---- Information supplied

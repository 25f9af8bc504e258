//! A row of predictions.

use crate::event_kind::EventKind;
use crate::row_state::RowState;
use crate::source::Source;
use feed_values::Text;

/// What is predicted of an event, with times in POSIX seconds and delays in seconds; early is negative.
#[derive(Debug, Drop)]
pub struct PredictionRow {
    /// As in stop_times.txt, or as an update states it.
    pub stop_sequence: Option<u32>,
    /// As in stop_times.txt, or as an update states it.
    pub stop_id: Option<Text>,
    pub event: EventKind,
    pub scheduled: Option<i128>,
    pub predicted: Option<i128>,
    pub delay: Option<i128>,
    pub source: Source,
    pub state: RowState,
}
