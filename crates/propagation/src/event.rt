//! An event of a trip.
ghost use Rattle.std.specs.Prelude.{◌≡◌, IfSome, option_map};
ghost use Rattle.propagation.specs.Events.{arrival_at, departure_at, event_in, own_in, scheduled_at};
ghost use Rattle.propagation.specs.Setters.{IsInstant, IsZero};
ghost use Rattle.propagation.specs.Stops.{stop_in};

use crate::event_kind::EventKind;
use crate::own::Own;
use crate::visit::Visit;

/// The arrival or the departure of a stop.
#[derive(Clone, Copy)]
pub(crate) struct Event<'a> {
    pub position: i128,
    pub event: EventKind,
    pub sequence: u32,
    pub stop: &'a str,
    pub scheduled: Option<i128>,
    pub own: Option<Own<'a>>,
}

/// When an event is scheduled, in POSIX seconds.
pub(crate) fn scheduled_at(zero: i128, time: Option<u32>) -> Option<i128>
    requires { IsZero zero }
    ensures value { result ≡ scheduled_at zero time }
    ensures small { IfSome result IsInstant }
{
    match time {
        Some(time) => Some(zero + time as i128),
        None => None,
    }
}

/// The arrival at the stop at a place.
pub(crate) fn arrival_at<'a>(
    zero: i128,
    place: usize,
    stop: Visit<'a>,
    own: Option<Own<'a>>,
) -> Event<'a>
    requires { IsZero zero }
    ensures event { event_in result ≡ arrival_at zero place (stop_in stop.entry) (option_map own_in own.entry) }
    ensures small { IfSome result.scheduled IsInstant }
{
    Event {
        position: place as i128 * 2,
        event: EventKind::Arrival,
        sequence: stop.sequence,
        stop: stop.stop,
        scheduled: scheduled_at(zero, stop.arrival),
        own,
    }
}

/// The departure from the stop at a place.
pub(crate) fn departure_at<'a>(
    zero: i128,
    place: usize,
    stop: Visit<'a>,
    own: Option<Own<'a>>,
) -> Event<'a>
    requires { IsZero zero }
    ensures event { event_in result ≡ departure_at zero place (stop_in stop.entry) (option_map own_in own.entry) }
    ensures small { IfSome result.scheduled IsInstant }
{
    Event {
        position: place as i128 * 2 + 1,
        event: EventKind::Departure,
        sequence: stop.sequence,
        stop: stop.stop,
        scheduled: scheduled_at(zero, stop.departure),
        own,
    }
}
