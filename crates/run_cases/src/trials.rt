//! What the trial makes.
ghost use Rattle.std.specs.Prelude.{◌≡◌};

use cases::{number, say, say_hex, size, word};
use rt_outside::read_whole;
use std::alloc::{AllocError, Global};
use trial_feed::{Trial, timetable_files};

/// The checksum of RFC 1950, section 9.
fn adler32(bytes: &[u8]) -> u64 {
    let mut low: u64 = 1;
    let mut high: u64 = 0;
    for byte in bytes {
        low = low.wrapping_add(u64::from(*byte)) % 65521;
        high = high.wrapping_add(low) % 65521;
    }
    high.wrapping_mul(65536).wrapping_add(low)
}

// How many bytes there are, and their checksum.
fn say_bytes(alloc: Global, bytes: &[u8], answer: &mut Vec<u8>) -> Result<(), AllocError> {
    let line = format!(in alloc; "{} {:08x}", bytes.len(), adler32(bytes))?;
    say(answer, line.as_str())
}

fn say_file(alloc: Global, name: &str, answer: &mut Vec<u8>) -> Result<(), AllocError> {
    let mut files = timetable_files(alloc)?;
    match read_whole(alloc, &mut files, name, 100_000) {
        Ok(bytes) => say_bytes(alloc, &bytes, answer),
        Err(end) => say(answer, format!(in alloc; "{end}")?.as_str()),
    }
}

fn say_snapshots(alloc: Global, seed: u64, answer: &mut Vec<u8>) -> Result<(), AllocError> {
    let mut trial = Trial::new(alloc, seed)?;
    for number in 0..40 {
        trial.advance(number);
        let bytes = trial.bytes(alloc, number)?;
        say_bytes(alloc, &bytes, answer)?;
    }
    Ok(())
}

// The first bytes of the trial's first snapshot.
fn say_front(
    alloc: Global,
    seed: u64,
    count: usize,
    answer: &mut Vec<u8>,
) -> Result<(), AllocError> {
    let mut trial = Trial::new(alloc, seed)?;
    trial.advance(0);
    let bytes = trial.bytes(alloc, 0)?;
    say_hex(alloc, answer, bytes.as_slice().get(..count).unwrap_or(&[]))
}

/// Answers `trial-file NAME`, `trial-snapshots SEED` and `trial-front SEED BYTES`.
pub fn answer(alloc: Global, words: &[String], answer: &mut Vec<u8>) -> Result<bool, AllocError> {
    match word(words, 0) {
        "trial-file" => say_file(alloc, word(words, 1), answer)?,
        "trial-snapshots" => say_snapshots(alloc, number(words, 1), answer)?,
        "trial-front" => say_front(alloc, number(words, 1), size(words, 2), answer)?,
        _ => return Ok(false),
    }
    Ok(true)
}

--------

** Work instruction **
Please transcribe every entry above exactly as it appears.

** Exercise result **
repository 25f9af8bc504e258
//! A row of predictions.

use crate::event_kind::EventKind;
use crate::row_state::RowState;
use crate::source::Source;
use feed_values::Text;

/// What is predicted of an event, with times in POSIX seconds and delays in seconds; early is negative.
#[derive(Debug, Drop)]
pub struct PredictionRow {
    /// As in stop_times.txt, or as an update states it.
    pub stop_sequence: Option<u32>,
    /// As in stop_times.txt, or as an update states it.
    pub stop_id: Option<Text>,
    pub event: EventKind,
    pub scheduled: Option<i128>,
    pub predicted: Option<i128>,
    pub delay: Option<i128>,
    pub source: Source,
    pub state: RowState,
}
filename crates/propagation/src/event.rt
//! An event of a trip.
ghost use Rattle.std.specs.Prelude.{◌≡◌, IfSome, option_map};
ghost use Rattle.propagation.specs.Events.{arrival_at, departure_at, event_in, own_in, scheduled_at};
ghost use Rattle.propagation.specs.Setters.{IsInstant, IsZero};
ghost use Rattle.propagation.specs.Stops.{stop_in};

use crate::event_kind::EventKind;
use crate::own::Own;
use crate::visit::Visit;

/// The arrival or the departure of a stop.
#[derive(Clone, Copy)]
pub(crate) struct Event<'a> {
    pub position: i128,
    pub event: EventKind,
    pub sequence: u32,
    pub stop: &'a str,
    pub scheduled: Option<i128>,
    pub own: Option<Own<'a>>,
}

/// When an event is scheduled, in POSIX seconds.
pub(crate) fn scheduled_at(zero: i128, time: Option<u32>) -> Option<i128>
    requires { IsZero zero }
    ensures value { result ≡ scheduled_at zero time }
    ensures small { IfSome result IsInstant }
{
    match time {
        Some(time) => Some(zero + time as i128),
        None => None,
    }
}

/// The arrival at the stop at a place.
pub(crate) fn arrival_at<'a>(
    zero: i128,
    place: usize,
    stop: Visit<'a>,
    own: Option<Own<'a>>,
) -> Event<'a>
    requires { IsZero zero }
    ensures event { event_in result ≡ arrival_at zero place (stop_in stop.entry) (option_map own_in own.entry) }
    ensures small { IfSome result.scheduled IsInstant }
{
    Event {
        position: place as i128 * 2,
        event: EventKind::Arrival,
        sequence: stop.sequence,
        stop: stop.stop,
        scheduled: scheduled_at(zero, stop.arrival),
        own,
    }
}

/// The departure from the stop at a place.
pub(crate) fn departure_at<'a>(
    zero: i128,
    place: usize,
    stop: Visit<'a>,
    own: Option<Own<'a>>,
) -> Event<'a>
    requires { IsZero zero }
    ensures event { event_in result ≡ departure_at zero place (stop_in stop.entry) (option_map own_in own.entry) }
    ensures small { IfSome result.scheduled IsInstant }
{
    Event {
        position: place as i128 * 2 + 1,
        event: EventKind::Departure,
        sequence: stop.sequence,
        stop: stop.stop,
        scheduled: scheduled_at(zero, stop.departure),
        own,
    }
}
filename crates/run_cases/src/trials.rt
//! What the trial makes.
ghost use Rattle.std.specs.Prelude.{◌≡◌};

use cases::{number, say, say_hex, size, word};
use rt_outside::read_whole;
use std::alloc::{AllocError, Global};
use trial_feed::{Trial, timetable_files};

/// The checksum of RFC 1950, section 9.
fn adler32(bytes: &[u8]) -> u64 {
    let mut low: u64 = 1;
    let mut high: u64 = 0;
    for byte in bytes {
        low = low.wrapping_add(u64::from(*byte)) % 65521;
        high = high.wrapping_add(low) % 65521;
    }
    high.wrapping_mul(65536).wrapping_add(low)
}

// How many bytes there are, and their checksum.
fn say_bytes(alloc: Global, bytes: &[u8], answer: &mut Vec<u8>) -> Result<(), AllocError> {
    let line = format!(in alloc; "{} {:08x}", bytes.len(), adler32(bytes))?;
    say(answer, line.as_str())
}

fn say_file(alloc: Global, name: &str, answer: &mut Vec<u8>) -> Result<(), AllocError> {
    let mut files = timetable_files(alloc)?;
    match read_whole(alloc, &mut files, name, 100_000) {
        Ok(bytes) => say_bytes(alloc, &bytes, answer),
        Err(end) => say(answer, format!(in alloc; "{end}")?.as_str()),
    }
}

fn say_snapshots(alloc: Global, seed: u64, answer: &mut Vec<u8>) -> Result<(), AllocError> {
    let mut trial = Trial::new(alloc, seed)?;
    for number in 0..40 {
        trial.advance(number);
        let bytes = trial.bytes(alloc, number)?;
        say_bytes(alloc, &bytes, answer)?;
    }
    Ok(())
}

// The first bytes of the trial's first snapshot.
fn say_front(
    alloc: Global,
    seed: u64,
    count: usize,
    answer: &mut Vec<u8>,
) -> Result<(), AllocError> {
    let mut trial = Trial::new(alloc, seed)?;
    trial.advance(0);
    let bytes = trial.bytes(alloc, 0)?;
    say_hex(alloc, answer, bytes.as_slice().get(..count).unwrap_or(&[]))
}

/// Answers `trial-file NAME`, `trial-snapshots SEED` and `trial-front SEED BYTES`.
pub fn answer(alloc: Global, words: &[String], answer: &mut Vec<u8>) -> Result<bool, AllocError> {
    match word(words, 0) {
        "trial-file" => say_file(alloc, word(words, 1), answer)?,
        "trial-snapshots" => say_snapshots(alloc, number(words, 1), answer)?,
        "trial-front" => say_front(alloc, number(words, 1), size(words, 2), answer)?,
        _ => return Ok(false),
    }
    Ok(true)
}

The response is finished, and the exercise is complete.